Syaikhul Islam menjawab, "Wajib bagi seorang suami untuk menjimaki istrinya dengan yang sepatutnya. Bahkan ini termasuk hak istri yang paling ditekankan yang harus ditunaikan oleh suami, lebih daripada memberi makan kepadanya. Dan jimak yang wajib (dilakukan oleh suami) sekali setiap empat bulan, dan dikatakan juga sesuai dengan kebutuhan sebagaimana sang suami memberi makan kepada istri sesuai kadar kebutuhannya dan kemampuannya. Inilah pendapat yang paling benar diantara dua pendapat tersebut." (Lihat : Majmu' Fatawa XXXII/271).

Ketiga, Nabi Saw Selalu Bersabar Terhadap Sikap Istri Beliau

Nabi Saw selalu memberikan contoh selalu bersabar atas sikap para istri. Beliau tidak pernah mengekspresikan marah dengan semena-mena terhadap para istri beliau. Dari Anas bin Malik berkata, "Suatu saat Nabi Saw di tempat salah seorang istri beliau. Salah seorang istri beliau (yang lain) mengirim sepiring makanan. Maka istri beliau --yang beliau sedang di rumahnya-- memukul tangan pembantu itu sehingga jatuhlah piring dan pecah (sehingga makanan berhamburan).
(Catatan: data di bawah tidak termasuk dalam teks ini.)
//! Tests of stores on disks in memory, by their public calls alone, beside archives in memory.
#![tactic(auto)]

#[cfg(test)]
mod adopt_tests;
#[cfg(test)]
mod convert_tests;
#[cfg(test)]
mod damage_tests;
#[cfg(test)]
mod epoch_reading_tests;
#[cfg(test)]
mod fault_tests;
#[cfg(test)]
mod form_tests;
#[cfg(test)]
mod joining_tests;
#[cfg(test)]
mod making_tests;
#[cfg(test)]
mod opening_tests;
#[cfg(test)]
mod removal_tests;
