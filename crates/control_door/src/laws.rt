//! The laws of the control door, which hold for every archive and all bytes.
//! Pure.
ghost use Rattle.control_door.specs.Laws.{ControlLaws};

/// Shows that the answers of the control door do not depend on how its bytes are cut.
///
/// * However the bytes of a connection are cut into pieces, the same is said, and the same archive
///   and session are left.
/// * The acts of one piece and then of another are acts of both at once, even if allocations, the
///   disk or sends fail.
/// * Acts without such failures do what the plain function does.
/// * Reopening changes nothing if nothing is in doubt. A reopening before a piece may be the one
///   before the first request of that piece.
pub fn cut_laws()
    ensures { ControlLaws }
{}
Nabi Saw mengumpulkan pecahan piring tersebut dan mengumpulkan makanan yang berhamburan, beliau Saw berkata, "Ibu kalian cemburu." (HR Al-Bukhari V/2003 no 4927)

Al Hafizh Ibnu Hajar menjelaskan, "Perkataan Nabi Saw : Ibu kalian cemburu" adalah udzur dari Nabi Saw (untuk istri beliau yang menyebabkan pecahnya piring) agar sikap istrinya tersebut tidak dicela, akan tetapi sikap tersebut biasa terjadi diantara seorang istri dengan madunya karena cemburu. Rasa cemburu itu memang merupakan tabiat yang terdapat dalam diri (perempuan) yang tidak mungkin untuk ditolak". (Fathul Bari V/126)
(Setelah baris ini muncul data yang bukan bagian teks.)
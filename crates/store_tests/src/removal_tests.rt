//! Removals on disks in memory, and what an opening makes of deletions.
ghost use Rattle.std.specs.Prelude.{◌≡◌, ◌≤◌, Some, IsTrue, OnOk};
ghost use Rattle.arch_base.specs.Ids.{form_of};
ghost use Rattle.disk_model.specs.Disk.{WhereTold};
ghost use Rattle.git_objects.specs.Objects.{blob_id_of};
ghost use Rattle.git_objects.specs.declared.entry_kind.EntryKind.TheVariants.{Message};
ghost use Rattle.mail_reader.specs.Ids.{own_id as own_id_in};
ghost use Rattle.epoch_store.specs.Commands.{StoreHasSizes, MayEnd};

use crate::damage_tests::is_refused;
use crate::joining_tests::{
    Case, Entry, Line, ONE, Outcome, Placed, is_opened_so, opens_with, written,
};
use crate::making_tests::{FIRST_EPOCH, MAP, ROOT, SECOND_EPOCH, epoch, make, put};
use arch_base::{Bytes, Form, NoMemory, id_of_hex};
use arch_model::{Command, OpenRefusal, TextRefusal};
use archive_fixtures::{in_memory, is_epoch_of};
use disk_model::{Disk, MemDisk};
use epoch_file::StoreRefusal;
use epoch_store::Store;
use fixtures::{FIRST, FIRST_ID, LATER, MOMENT, OTHER, REMOVAL_COMMIT, SECOND, THIRD, empty_disk};
use git_objects::{EntryKind, blob_id};
use mail_commits::text_ids;
use mail_reader::own_id;
use std::alloc::Global;
use std::test::Fail;
use store_finding::StoredEntry;

/// Returns whether an entry is the message with a number, and has the ids of a text.
fn is_message(one: &StoredEntry, number: u32, text: &[u8]) -> bool
    ensures kind { IsTrue result → one.now.seen.kind ≡ Message }
    ensures number { IsTrue result → one.now.number ≡ number }
    ensures id { IsTrue result → own_id_in text.now ≡ Some one.now.seen.id }
    ensures blob { IsTrue result
        → blob_id_of (form_of one.now.seen.blob) text.now ≡ one.now.seen.blob }
{
    let EntryKind::Message = one.seen.kind else {
        return false;
    };
    let Some(id) = own_id(text) else {
        return false;
    };
    id == one.seen.id.as_slice()
        && blob_id(text, one.seen.blob.form()) == one.seen.blob
        && one.number == number
}

/// Returns whether an entry is a message.
fn is_any_message(one: &StoredEntry) -> bool
    ensures { IsTrue result → one.now.seen.kind ≡ Message }
{
    match one.seen.kind {
        EntryKind::Message => true,
        EntryKind::Deletion => false,
    }
}

/// Returns whether an archive of one message or two has the first one under a number, with the ids of
/// a text, and may remove it.
fn may_end(store: &Store, number: u32, text: &[u8]) -> bool
    ensures { IsTrue result → MayEnd store.now number text.now }
{
    if store.config().mirror {
        return false;
    }
    match store.stored() {
        [one] => is_message(one, number, text),
        [one, other] => is_any_message(other) && is_message(one, number, text),
        _ => false,
    }
}

/// Removes the first message of an archive of one or two.
pub(crate) fn remove_first<D: Disk>(
    alloc: Global,
    disk: &mut D,
    store: &mut Store,
) -> Result<(), StoreRefusal>
    requires sizes { WhereTold (StoreHasSizes store.old) (D.content disk.old) }
    ensures sizes { OnOk result (WhereTold (StoreHasSizes store.new) (D.content disk.new)) }
{
    if !may_end(store, 1, FIRST) {
        return Err(StoreRefusal::Damaged { file: ROOT, at: 3 });
    }
    let form = store.config().form;
    store.remove_entry(alloc, disk, 1, FIRST, &text_ids(FIRST, form), LATER)
}

/// Makes an archive, appends the first message to it, and removes it.
fn removed<D: Disk>(alloc: Global, disk: &mut D, limit: u64) -> Result<Store, StoreRefusal>
    requires low { 1 ≤ limit }
    requires high { limit ≤ 1099511627776 }
{
    let mut store = make(alloc, disk, limit)?;
    put(alloc, disk, &mut store, FIRST)?;
    remove_first(alloc, disk, &mut store)?;
    Ok(store)
}

/// Returns whether the second entry of an archive is the removal of the first mail, as git spells it,
/// at an offset of its epoch's file.
fn has_removal(store: &Store, epoch: u32) -> bool {
    let Some(line) = store.entry(1) else {
        return false;
    };
    let named = line.kind == EntryKind::Deletion && line.number == 1 && line.epoch == epoch;
    let blob = Some(line.blob) == id_of_hex(FIRST_ID, Form::Sha1);
    let sized = line.secs == LATER && line.size == 103;
    named && blob && sized && store.entry(2).is_none() && store.next_number() == 2
}

/// Returns whether the removal of the first mail has the commit that git gives it, after that of the
/// mail.
fn has_commit(store: &Store) -> bool {
    let Some(line) = store.entry(1) else {
        return false;
    };
    let place = store.place(1) == Some((FIRST_EPOCH, 316));
    place && Some(line.commit) == id_of_hex(REMOVAL_COMMIT, Form::Sha1)
}

/// Removes a message whose epoch takes one more entry, and returns whether the removal is that, and
/// neither a number nor a record is taken.
fn remove_in_epoch<D: Disk>(alloc: Global, disk: &mut D) -> Result<bool, StoreRefusal> {
    let store = removed(alloc, disk, 1000)?;
    let is_long = disk.length(FIRST_EPOCH)? == 672 && disk.length(MAP)? == 28;
    Ok(is_long && has_removal(&store, 0) && has_commit(&store))
}

#[test]
fn a_removal_follows_the_message_in_its_epoch(rt: HostRuntime) -> Result<(), Fail> {
    let mut disk = empty_disk(rt.alloc());
    assert!(rt; remove_in_epoch(rt.alloc(), &mut disk)?);
    Ok(())
}

/// Removes a message whose epoch is full, and returns whether the removal begins the next one.
fn remove_after_epoch<D: Disk>(alloc: Global, disk: &mut D) -> Result<bool, StoreRefusal> {
    let store = removed(alloc, disk, 316)?;
    let is_long = disk.length(FIRST_EPOCH)? == 316 && disk.length(SECOND_EPOCH)? == 316;
    let place = store.place(1) == Some((SECOND_EPOCH, 8));
    Ok(is_long && has_removal(&store, 1) && place && disk.length(MAP)? == 28)
}

#[test]
fn a_removal_begins_an_epoch_where_the_last_is_full(rt: HostRuntime) -> Result<(), Fail> {
    let mut disk = empty_disk(rt.alloc());
    assert!(rt; remove_after_epoch(rt.alloc(), &mut disk)?);
    Ok(())
}

/// Returns whether bytes, after another byte, are those of the first epoch of an archive in memory
/// from which the first mail was removed.
fn is_epoch_in_memory(alloc: Global, bytes: &[u8]) -> Result<bool, NoMemory> {
    let Some(mut archive) = in_memory(alloc, 1000, 10, false) else {
        return Ok(false);
    };
    let _ = archive.command(&Command::Deliver(FIRST), MOMENT);
    let _ = archive.command(&Command::Remove(1), LATER);
    is_epoch_of(alloc, &archive, 0, true, bytes)
}

/// Removes a message, and returns whether the file of its epoch has the bytes of the archive in
/// memory.
fn is_epoch_file<D: Disk>(alloc: Global, disk: &mut D) -> Result<bool, TextRefusal> {
    let mut file = [0; 673];
    let count = disk.read(FIRST_EPOCH, 0, &mut file)?;
    let mut bytes = Bytes::new(alloc);
    bytes.push(b'>')?;
    bytes.push_slice(file.split_at(672).0)?;
    let same = is_epoch_in_memory(alloc, bytes.as_slice())?;
    Ok(count == 672 && same)
}

#[test]
fn the_file_of_a_removal_has_the_bytes_of_the_epoch(rt: HostRuntime) -> Result<(), Fail> {
    let mut disk = empty_disk(rt.alloc());
    removed(rt.alloc(), &mut disk, 1000)?;
    assert!(rt; is_epoch_file(rt.alloc(), &mut disk)?);
    Ok(())
}

/// The deletion of the first mail.
const GONE: Entry = Entry(EntryKind::Deletion, FIRST);

/// The first mail.
const CAME: Entry = Entry(EntryKind::Message, FIRST);

/// A mail that was removed and delivered again, and removed again in another epoch, after which its
/// id is another mail's.
static COMES_AGAIN: Case = Case {
    records: &[Line(0, FIRST), Line(0, FIRST), Line(1, OTHER)],
    first: &[CAME, GONE, CAME],
    second: &[GONE, Entry(EntryKind::Message, OTHER)],
    outcome: Outcome::Joined(5),
};

/// The entries of that mail and of the other one.
const PLACED: [Placed; 5] = [
    Placed {
        number: 1,
        epoch: 0,
        at: 8,
    },
    Placed {
        number: 1,
        epoch: 0,
        at: 316,
    },
    Placed {
        number: 2,
        epoch: 0,
        at: 672,
    },
    Placed {
        number: 2,
        epoch: 1,
        at: 8,
    },
    Placed {
        number: 3,
        epoch: 1,
        at: 316,
    },
];

#[test]
fn a_deletion_has_the_number_of_the_live_message(rt: HostRuntime) -> Result<(), Fail> {
    assert!(rt; is_opened_so(rt.alloc(), &COMES_AGAIN)?);
    assert!(rt; opens_with(rt.alloc(), &COMES_AGAIN, &PLACED)?);
    Ok(())
}

/// Archives with deletions, of which each entry belongs where it stands.
static WELL: [Case; 3] = [
    // The first of two messages is gone, and so is the second.
    Case {
        records: &[Line(0, FIRST), Line(0, SECOND)],
        first: &[CAME, Entry(EntryKind::Message, SECOND), GONE],
        second: &[Entry(EntryKind::Deletion, SECOND)],
        outcome: Outcome::Joined(4),
    },
    // One blob stands twice, in two epochs, with the same text.
    Case {
        records: &[Line(0, FIRST), Line(1, FIRST)],
        first: &[CAME, GONE],
        second: ONE,
        outcome: Outcome::Joined(3),
    },
    // A number without a message is between the two.
    Case {
        records: &[Line(0, FIRST), Line(4_294_967_295, b""), Line(0, FIRST)],
        first: &[CAME, GONE, CAME],
        second: &[],
        outcome: Outcome::Joined(3),
    },
];

#[test]
fn what_is_no_damage_is_opened(rt: HostRuntime) -> Result<(), Fail> {
    for (index, case) in WELL.iter().enumerate() {
        assert!(rt; is_opened_so(rt.alloc(), case)?, "row {index}");
    }
    Ok(())
}

/// Archives with an entry that doesn't belong where it stands.
static DAMAGED: [Case; 7] = [
    // Deletions without a live message: of a text that isn't there, of a text that comes later, of one
    // that was removed before, and of one that was removed in another epoch.
    Case {
        records: &[Line(0, FIRST)],
        first: &[CAME, Entry(EntryKind::Deletion, THIRD)],
        second: &[],
        outcome: Outcome::Damaged { epoch: 0, at: 316 },
    },
    Case {
        records: &[Line(1, FIRST)],
        first: &[GONE],
        second: ONE,
        outcome: Outcome::Damaged { epoch: 0, at: 8 },
    },
    Case {
        records: &[Line(0, FIRST), Line(1, SECOND)],
        first: &[CAME, GONE, GONE],
        second: &[Entry(EntryKind::Message, SECOND)],
        outcome: Outcome::Damaged { epoch: 0, at: 672 },
    },
    Case {
        records: &[Line(0, FIRST)],
        first: &[CAME, GONE],
        second: &[GONE],
        outcome: Outcome::Damaged { epoch: 1, at: 8 },
    },
    // A deletion of another text with the own id of the live message.
    Case {
        records: &[Line(0, FIRST)],
        first: &[CAME, Entry(EntryKind::Deletion, OTHER)],
        second: &[],
        outcome: Outcome::Damaged { epoch: 0, at: 316 },
    },
    // A message whose own id is that of a live one, which was delivered again: another text, and the
    // same one.
    Case {
        records: &[Line(0, FIRST), Line(0, FIRST), Line(0, OTHER)],
        first: &[CAME, GONE, CAME, Entry(EntryKind::Message, OTHER)],
        second: &[],
        outcome: Outcome::Damaged { epoch: 0, at: 1028 },
    },
    Case {
        records: &[Line(0, FIRST), Line(0, FIRST), Line(1, FIRST)],
        first: &[CAME, GONE, CAME],
        second: ONE,
        outcome: Outcome::Damaged { epoch: 1, at: 8 },
    },
];

/// Opens a disk that is damaged in an epoch of generation 1, and returns whether that is refused and
/// leaves each file as it was.
fn is_left(alloc: Global, disk: &mut MemDisk, case: &Case) -> Result<bool, Fail> {
    let Outcome::Damaged { epoch: number, at } = case.outcome else {
        return Ok(false);
    };
    let file = epoch(number, if at == 0 { 0 } else { 1 });
    is_refused(alloc, disk, &OpenRefusal::Damaged { file, at })
}

/// Writes an archive with an entry that doesn't belong where it stands, and opens it.
fn is_damage(alloc: Global, case: &Case) -> Result<bool, Fail> {
    let mut disk = written(alloc, case)?;
    is_left(alloc, &mut disk, case)
}

#[test]
fn the_first_wrong_deletion_or_message_is_found_and_left(rt: HostRuntime) -> Result<(), Fail> {
    for (index, case) in DAMAGED.iter().enumerate() {
        assert!(rt; is_damage(rt.alloc(), case)?, "row {index}");
    }
    Ok(())
}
Ibnu Hajar juga menambahkan, "Mereka (para pensyarah hadits ini) berkata bahwasanya pada hadits ini ada isyarat untuk tidak menghukum perempuan yang cemburu karena sikap kekeliruan yang timbul darinya. Karena ia tatkala cemburu akalnya tertutup karena marah yang sangat yang dikobarkan oleh rasa cemburu".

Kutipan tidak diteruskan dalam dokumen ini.